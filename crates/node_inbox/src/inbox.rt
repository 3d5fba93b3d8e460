//! An inbox.
ghost use Rattle.std.specs.Prelude.{◌≡◌, ◌<◌, ◌^◌, ◌&&◌, true, is_some, length, option_copied, IfOk, OnOk, OnErr};
ghost use Rattle.canton_model.specs.declared.request.Request.{Request as RequestValue};
ghost use Rattle.canton_model.specs.declared.message.Message.TheVariants.{Request as RequestMessage};
ghost use Rattle.canton_model.specs.Inbox.{Nothing, Told, last_time, notice_at, received};
ghost use Rattle.framed_form.specs.Outlines.{IsOutline, IsOutlined};
ghost use Rattle.node_inbox.specs.Beginnings.{IsBeginning, start_of};
ghost use Rattle.node_inbox.specs.Coming.{IsTelling};
ghost use Rattle.node_inbox.specs.Entries.{item_from, told_if_received};
ghost use Rattle.node_inbox.specs.InboxState.{begun, begun_at, reading_of, with_item};
ghost use Rattle.node_inbox.specs.Raw.{IsCame, IsOfRequest, item_by};
ghost use Rattle.node_inbox.specs.Reads.{item_with};
ghost use Rattle.node_state.specs.declared.item_what.ItemWhat.TheVariants as Raw;

mod answers;
mod next_base;

use crate::added_ids::{added_ids, create_gone, put_ids};
use crate::approved_places::{ApprovedPlaces, bring_up};
use crate::beginning::{Beginning, write_start};
use crate::coming::coming;
use crate::coming_again::{RawRequest, coming_again};
use crate::kept_active::{KeptActive, are_at_most, is_far, keep_active_if};
use crate::kept_items::KeptItems;
use crate::putting::{put_nothing, put_request, put_verdict};
use crate::telling::{ComingVerdict, telling};
use canton_model::{Entry, Message, Request, Verdict};
use confirm_reply::Setup;
use inbox_registry::{KeptStart, Registry};
use ledger_terms::ParticipantId;
use node_state::{Item, ItemWhat};
use prepare_request::HostedIds;
use prepare_request::laws::ids_tell_after_each_change;
use proto_model::Outline;
use std::alloc::{AllocError, Global};
use std::marker::Model;

/// What a participant has read of the log, item by item, and what it keeps beside that.
#[derive(Drop)]
pub struct Inbox<'s> {
    setup: &'s Setup,
    me: ParticipantId,
    base: u64,
    base_time: u64,
    items: KeptItems,
    registry: Registry,
    hosted: HostedIds,
    // no contract was created twice, and none that is gone
    is_once: bool,
    approved: ApprovedPlaces,
    active: Option<KeptActive>,
}

impl<'s> Model for Inbox<'s> {
    ghost use Rattle.node_inbox.specs.InboxState.{InboxState};

    ghost Value = { InboxState };

    ghost use Rattle.ledger_terms.specs.Forest.{coded_forest};
    ghost use Rattle.ledger_terms.specs.Packages.{coded_package};
    ghost use Rattle.std.specs.Coded.{codes};

    ghost coded = { Prim.hlevel (codes, coded_forest, coded_package) };

    ghost use Rattle.node_inbox.specs.Items.{model_items};

    ghost view = { λ i. record {
      topology = i.setup.now.topology;
      packages = i.setup.now.checked;
      me = i.me;
      base = i.base;
      base_time = i.base_time;
      start = i.registry.start;
      items = model_items i.items.items;
    } };

    ghost use Rattle.node_inbox.specs.Kept.{BeginsAt, IsInbox};
    ghost use Rattle.framed_form.specs.FramedReading.{framed_reading};
    ghost use Rattle.prepare_request.specs.Hosted.{AreTold};
    ghost use Rattle.node_inbox.specs.Offered.{AreOnceIf};
    ghost use Rattle.node_inbox.specs.Places.{AreApproved};
    ghost use Rattle.node_inbox.specs.KeptActive.{AreActiveIf};

    ghost invariant = { λ i. IsInbox i.setup.now.topology i.setup.now.checked i.me i.items.items i.registry
        × AreTold (framed_reading i.setup.now.topology i.setup.now.checked) i.me i.hosted.ids i.registry.store.rows
        × AreOnceIf i.is_once (framed_reading i.setup.now.topology i.setup.now.checked) i.registry.start (model_items i.items.items)
        × AreApproved i.setup.now.topology.params (model_items i.items.items) i.approved
        × AreActiveIf (framed_reading i.setup.now.topology i.setup.now.checked) i.me i.registry.start (model_items i.items.items) i.active
        × BeginsAt i.base i.registry.start (model_items i.items.items) };
}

Exercise objective
Look through the entries and find each line that has the string "ApprovedPlaces". Copy those lines.

Output below
use crate::approved_places::{ApprovedPlaces, bring_up};
    approved: ApprovedPlaces,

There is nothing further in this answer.